As radioactive water leaks from a quake-damaged power plant off the coast of Japan, a local congregation attempts to make sense of the disaster.
Two weeks ago, the Rev. Akira Sato evacuated his flock from the Fukushima First Baptist Church, three miles away from the Fukushima Daiichi nuclear power plant. For the tight-knit community, abandoning the church building was a blow because American missionaries had started the church long before the nuclear plant was built in the 1960s.
“Will we ever be able to worship in our church again, or will the town simply be abandoned?” Sato asked in his March 13 diary entry. Since the journey began, Sato kept a day-to-day journal chronicling his church’s day-to-day ordeal, which he likened to the biblical account written in the Book of Exodus.

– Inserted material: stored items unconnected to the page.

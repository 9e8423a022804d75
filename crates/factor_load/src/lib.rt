// The load: the permuted matrix's lower triangle into the envelope.
#![tactic(auto)]

pub mod blocks;
pub mod inner;
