// The load of a matrix in lent slices. What it requires, the doors have tested.
ghost use Rattle.std.specs.Prelude.{◌≡◌, ◌*◌, length};
ghost use Rattle.matrix_shape.specs.Rows.{at};
ghost use Rattle.factor_load.specs.Load.{load_of, Loads};

use crate::blocks;
use matrix_shape::pattern::Pattern;
use plan_fits::plan::Plan;

// The lower triangle of the permuted matrix, and +0.0 in every other place of the envelope. A row is a number: it picks in three lists.
#[tactic(auto, unfolding(crate::specs::Load::load_of), using(law::proofs::Loop::over_none, law::proofs::Loop::over_turn, law::proofs::Loop::over_done))]
pub fn load(pattern: &Pattern, blocks: &[f32], plan: &Plan, values: &mut [f32])
    requires loads { Loads pattern.now.n pattern.now.row_offsets.now pattern.now.cols.now blocks.now
        plan.now.inv_perm.now plan.now.first.now plan.now.row_start.now }
    requires values_len { length values.old ≡ at plan.now.row_start.now (2 * pattern.now.n) }
    ensures { values.new ≡ load_of pattern.now.n (at pattern.now.row_offsets.now) (at pattern.now.cols.now) blocks.now
        (at plan.now.inv_perm.now) (at plan.now.first.now) (at plan.now.row_start.now) }
{
    values.fill(0.0);
    for r in 0..pattern.n {
        blocks::row(pattern, blocks, plan, r, values);
    }
}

“Like the Israelites in the desert, all we can do is follow God as He leads us with pillars of fire and clouds,” Sato philosophically wrote of his flock’s journey.
The senior pastor’s diary attracts attention online because it offers a rare glimpse into the disaster from a Christian perspective.
For days, Sato crowded in a makeshift shelter with 50 members of his congregation at a church in Yonezawa, roughly 60 miles away. Most of the congregants had chosen to settle with friends and family living in other parts of the country.
Nevertheless, those staying in the shelter were thankful for the aid supplies that included food and clothes from anonymous donors.
“Brothers and sisters are bringing us food and clothing from all over Japan,” Sato wrote. “I feel like Elijah, sustained by God with food carried by a raven.”
On March 11, a 9.0-magnitude earthquake generated a tsunami that wiped out some coastal communities along Japan’s coast. According to Japan’s National Police Agency, nearly 12,000 people have been confirmed dead while over 15,400 are still missing.